Before Mark Lane leaves I feel that there is a severe problem in the Katsaris suit that was not clearly stated. I did my best to hint at it last night but no one took it up. The fact is, as you may recall, that the strategy for Maria to claim that she was molested by her father, to be used against him, was cooked up in a P.C. meeting about November of 1976. Tim Stoen was there and, as I recall, participated in developing the strategy. Of course, if that comes out in court (I guess others were there who have now left), we would be totally annihilated. Stoen might also be – but that would not be of help to us.

Whether this is something that you wish to discuss with Mark is up to you.
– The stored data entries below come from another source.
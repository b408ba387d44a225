//! A theorem over the runs of one proxy on the keepalives that clients ask of it, on a public function with an empty body.
#![tactic(auto)]

ghost use Rattle.keep_laws.specs.Laws.{RunsRenew};

/// What a client's keepalive is replied with is the answer to a keepalive of its lease that was sent after it was asked, also where several
/// share one call. The premise is that the ownership keys which answers show are made of bytes.
pub fn keepalives_renew()
    ensures { RunsRenew }
{}
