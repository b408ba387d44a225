//! Streams that are silent.

use super::{Act, CALL, Heard, LIMITS, ONE, Story, TWO, hear, hears, listening, members_at, play};
use member_links::{Asked, Members, SocketAnswer, SocketLink};
use outside::{AnswerEnd, CallKind, Link, Source};
use socket_limits::LinkLimits;
use std::alloc::Global;
use std::io::Write;
use std::net::{Net, TcpStream};
use std::rt::Clock as Times;
use std::sync::{Arc, Wait};
use std::test::Fail;
use std::thread;

/// A stream that is begun on the first of these members.
fn begun<R: Net<Stream = TcpStream> + Times + Wait + Eprint + Drop + Copy>(
    rt: R,
    members: &Arc<Members, Global>,
    limits: LinkLimits,
) -> Option<SocketAnswer<R>> {
    let mut link = SocketLink::new(rt, Arc::try_clone(members).ok()?, limits);
    link.begin(1, CallKind::Watches(1), CALL).ok()
}

/// A member whose stream is silent for three limits of silence between two things that it says.
const SILENT: Story = Story {
    lots: &[&[
        Act::Hear(CALL),
        Act::Say(ONE),
        Act::Rest(1_000),
        Act::Say(TWO),
    ]],
};

#[test]
fn a_silent_stream_goes_on_where_its_member_is_not_down(rt: HostRuntime) -> Result<(), Fail> {
    let alloc: Global = rt.alloc();
    let (listener, address) = listening(&rt, alloc)?;
    let handle = thread::spawn(&rt, move || -> usize { play(&rt, &listener, SILENT) })?;
    let members = members_at(&rt, alloc, &[&address])?;
    let Some(mut stream) = begun(rt, &members, LIMITS) else {
        return Err(Fail::new("no stream was begun"));
    };
    assert!(rt; stream.check().is_ok());
    // one asking in vain says nothing yet
    members.asked(&rt, 1, Asked::InVain);
    assert_eq!(rt;
        (hear(&mut stream, ONE), hear(&mut stream, TWO)),
        (Heard::Wanted, Heard::Wanted)
    );
    assert_eq!(rt; stream.read(&mut [0u8; 16]), Ok(0));
    assert_eq!(rt; handle.join(&rt), 4);
    Ok(())
}

#[test]
fn a_silent_stream_fails_where_its_member_is_down(rt: HostRuntime) -> Result<(), Fail> {
    let alloc: Global = rt.alloc();
    let (listener, address) = listening(&rt, alloc)?;
    let handle = thread::spawn(&rt, move || -> usize { play(&rt, &listener, SILENT) })?;
    let members = members_at(&rt, alloc, &[&address])?;
    let link = SocketLink::new(rt, Arc::try_clone(&members)?, LIMITS);
    let Some(stream) = begun(rt, &members, LIMITS) else {
        return Err(Fail::new("no stream was begun"));
    };
    members.asked(&rt, 1, Asked::InVain);
    members.asked(&rt, 1, Asked::InVain);
    // link and stream may go to another thread
    let follower = thread::spawn(&rt, move || -> bool {
        let (mut link, mut stream) = (link, stream);
        let heard = (hear(&mut stream, ONE), hear(&mut stream, TWO));
        link.end(stream, AnswerEnd::Broken);
        heard == (Heard::Wanted, Heard::Failed)
    })?;
    assert!(rt; follower.join(&rt));
    let _ = handle.join(&rt);
    Ok(())
}

#[test]
fn a_stream_that_is_silent_for_too_long_is_cut(rt: HostRuntime) -> Result<(), Fail> {
    let alloc: Global = rt.alloc();
    let (listener, address) = listening(&rt, alloc)?;
    let limits = LinkLimits { cut: 200, ..LIMITS };
    let members = members_at(&rt, alloc, &[&address])?;
    let Some(mut stream) = begun(rt, &members, limits) else {
        return Err(Fail::new("no stream was begun"));
    };
    let (mut member, _) = listener.accept()?;
    assert!(rt; hears(&mut member, CALL) && member.write(ONE).is_ok());
    assert_eq!(rt;
        (hear(&mut stream, ONE), hear(&mut stream, TWO)),
        (Heard::Wanted, Heard::Failed)
    );
    Ok(())
}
However, any attorney that is confronted with any such situation in court for the first time without having been told by his client is going to become a bitter enemy on the spot. It will be essential to discuss this with whatever attorney tries the case prior to when he starts discovery so he can best defend against it.

Further, taking any attorney’s advice without giving him all of the facts is extremely dangerous. He will err because of his lack of information, and in relying on it we will be seriously injured. The fact that Stoen may have originally advised this strategy is of no help to us. It is not a defense – but simply makes him another potential defendant. That state of affairs itself gives some ray of hope that he may not use it. At any rate, I am sure that if he knew this information he would evaluate the risk in substantially different terms.

Gene

P.S. I am not writing this in any attempt to set policy. I am not sure what is best to do, but I did want to remind you of the situation before any policy was definitely set so as to be harder to deal with later. Whatever we decide in this regard will be acceptable to me.